1. 71% - DAppExecutor.call()
2. 23% - DAppLoader.loadFromGraph()
3. 3.5% - LoadedDApp.cleanForCache()

Note that the interface approach also has no optimization and is just a coarse prototype. A real implementation would also involve changes to IHelper, avoiding additional hops between the static and instances. This probably won't make core code much faster but may render the cleaning operation much faster.

This data seems to confirm the previous suspicions and implies that we should proceed with this implementation. Worst case scenario, we can always revisit this and re-inline the instance into the class but I suspect that the benefit we will derive from the simplicity of this model will open new opportunities to simplify or optimize the system, in the interim.

[aionbot]

Comment by jeff-aion (on Monday Nov 12, 2018 at 21:52 GMT)

Part of the difficulty with the current IHelper design (and why we want to replace it), is that it ties together the state of a specific DApp's execution with the ability to call code associated with the current DApp from anywhere in our API.

While these are related, we actually treat them quite differently and how we ensure that this works for the reentrant case, as well as some of our tests, shows the difficulty in formalizing these approaches: there are many cases where the thread local is manipulated from outside a formalized routine.
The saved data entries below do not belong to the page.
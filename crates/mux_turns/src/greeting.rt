//! The `initialize` that the daemon sends to the starts of a group, and what editors are shown of its result (LSP 3.17, Initialize Request).
ghost use Rattle.std.specs.Prelude.{◌≡◌, ◌++◌, IfOk, IsUtf8, OnOk, Option, option_map};
ghost use Rattle.capability_meet.specs.Parts.{comma};
ghost use Rattle.group_words.specs.Rows.{folder_text, folders_text, initialize_of, is_true, root_of, shown_of, wants_folders};
ghost use Rattle.json.specs.Print.{quoted};
ghost use Rattle.json_nodes.specs.Nodes.{kind_of};
ghost use Rattle.json_text.specs.Json.{Json};
ghost use Rattle.group_facts.specs.Settled.{AreUtf8};

use capability_meet::{CapFault, shown};
use group_words::Kept;
use json_span::{JsonFault, Tape, quote};
use json_text::Kind;
use message_body::{Body, Memory};
use rpc_message::initialize;
use std::alloc::Global;

/// A text, which is UTF-8, as a JSON string.
pub fn quoted(alloc: Global, text: &[u8]) -> Result<Body, Memory>
    ensures { IsUtf8 text.now → IfOk result (λ body. body ≡ quoted text.now) }
{
    match std::str::from_utf8(text) {
        Ok(_) => quote(alloc, text),
        Err(_) => Ok(Body::new(Vec::new(alloc))),
    }
}

// The root: the first folder's uri, or null.
fn root_of(alloc: Global, folders: &[(Body, Body)]) -> Result<Body, Memory>
    ensures { AreUtf8 folders.now → IfOk result (λ body. body ≡ root_of folders.now) }
{
    match folders {
        [] => Ok(Body::new(Vec::from_slice(alloc, "null".as_bytes())?)),
        [folder, ..] => quoted(alloc, folder.0.bytes()),
    }
}

/// A comma, where something stands in front.
pub fn add_comma(text: &mut Vec<u8>, started: bool) -> Result<(), Memory>
    ensures { OnOk result (text.new.items ≡ text.old.items ++ comma started) }
{
    if started {
        text.push(b',')?;
    }
    Ok(())
}

// A folder (LSP 3.17, WorkspaceFolder).
fn add_folder(alloc: Global, text: &mut Vec<u8>, folder: &(Body, Body)) -> Result<(), Memory>
    ensures { IsUtf8 folder.now.0 → IsUtf8 folder.now.1 → OnOk result (text.new.items ≡ text.old.items ++ folder_text folder.now) }
{
    let uri = quoted(alloc, folder.0.bytes())?;
    let name = quoted(alloc, folder.1.bytes())?;
    text.extend_from_slice("{\"uri\":".as_bytes())?;
    text.extend_from_slice(uri.bytes())?;
    text.extend_from_slice(",\"name\":".as_bytes())?;
    text.extend_from_slice(name.bytes())?;
    text.extend_from_slice("}".as_bytes())?;
    Ok(())
}

/// The list of folders (LSP 3.17, WorkspaceFolder), or null where there is none.
pub fn folders_text(alloc: Global, folders: &[(Body, Body)]) -> Result<Vec<u8>, Memory>
    ensures { AreUtf8 folders.now → IfOk result (λ text. text.items ≡ folders_text folders.now) }
{
    let mut text = Vec::new(alloc);
    if folders.is_empty() {
        text.extend_from_slice("null".as_bytes())?;
        return Ok(text);
    }
    text.push(b'[')?;
    let mut started = false;
    for folder in folders {
        add_comma(&mut text, started)?;
        add_folder(alloc, &mut text, folder)?;
        started = true;
    }
    text.push(b']')?;
    Ok(text)
}

// Whether a value of this kind is the word `true`.
fn is_true(kind: Option<Kind>) -> bool
    ensures { (o : Option Json) → kind ≡ option_map kind_of o → result ≡ is_true o }
{
    matches!(kind, Some(Kind::True))
}

// Whether folders are declared (LSP 3.17, WorkspaceClientCapabilities).
fn wants_folders(alloc: Global, declared: &[u8]) -> Result<bool, Memory>
    ensures { IfOk result (λ wants. wants ≡ wants_folders declared.now) }
{
    if declared.len() > 268_435_456 {
        return Err(Memory);
    }
    let tape = match Tape::read(alloc, declared) {
        Ok(tape) => tape,
        Err(JsonFault::Memory) => return Err(Memory),
        Err(JsonFault::Syntax(_)) => return Ok(false),
        Err(JsonFault::TooDeep(_)) => return Ok(false),
    };
    let workspace = tape.maybe_member(Some(tape.root()), "workspace");
    let folders = tape.maybe_member(workspace, "workspaceFolders");
    Ok(is_true(tape.maybe_kind(folders)))
}

/// The bytes of a body that may be there.
pub fn bytes_of(body: &Option<Body>) -> Option<&[u8]>
    ensures { option_map (λ b. b.now) result ≡ body.now }
{
    match body {
        Some(body) => Some(body.bytes()),
        None => None,
    }
}

/// The `initialize` to the starts of a group: with its key's root, options and folders, and with what is declared.
pub fn opening(alloc: Global, kept: &Kept) -> Result<Body, Memory>
    ensures { AreUtf8 kept.now.key.folders → IfOk result (λ body. body ≡ initialize_of kept.now) }
{
    let root = root_of(alloc, &kept.key.folders)?;
    let options = bytes_of(&kept.key.options);
    let declared = kept.declared.bytes();
    if !wants_folders(alloc, declared)? {
        return initialize(alloc, root.bytes(), options, declared, None);
    }
    let folders = folders_text(alloc, &kept.key.folders)?;
    initialize(
        alloc,
        root.bytes(),
        options,
        declared,
        Some(folders.as_slice()),
    )
}

/// What editors are shown of the bytes of a start's result; nothing where they are no JSON text. Bytes longer than 268,435,456 are
/// answered as out of memory.
pub fn shown_of(alloc: Global, answer: &[u8]) -> Result<Body, Memory>
    ensures { IfOk result (λ body. body ≡ shown_of answer.now) }
{
    if answer.len() > 268_435_456 {
        return Err(Memory);
    }
    match shown(alloc, answer) {
        Ok(body) => Ok(body),
        Err(CapFault::NotJson) => Ok(Body::new(Vec::new(alloc))),
        Err(CapFault::Memory) => Err(Memory),
    }
}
The reentrant case also handles the stack of currently executing DApp states in a rather convoluted way: asking the IHelper to capture the static state snapshot into its instance state, then swapping it out to install a new instance.

Instead, my current thinking is to explicitly require that a thread running a DApp has first "attached" to the VM (and must "detach" when done). This attachment will involve associating a [potentially long-lived] interface with the thread, which will implement all calls required to support the instrumentation and API, internally including the stack of DApp states the associated thread is currently running.

When calling into a new DApp, any currently-running DApp's runtime static is set to null, the thread's interface is told to push a new state frame, the target DApp's runtime static is set to the thread's interface, and the DApp is invoked. Upon return, the target Dapp's runtime static is set to null and the thread's interface is told to pop its state frame. If there this was a call from a DApp, its runtime static is set to the thread's interface and its execution is resumed. Note that some state may need to commit from the callee into the caller (next hash code, for example).

This approach will avoid the current confusion regarding where the call stack data is and who is responsible for clearing it, how/when the IHelper is instantiated/restored, and who manages the thread local in the thread. It will, however, be a large change since many of our tests currently interact with this but will need to change to the attach/detach model.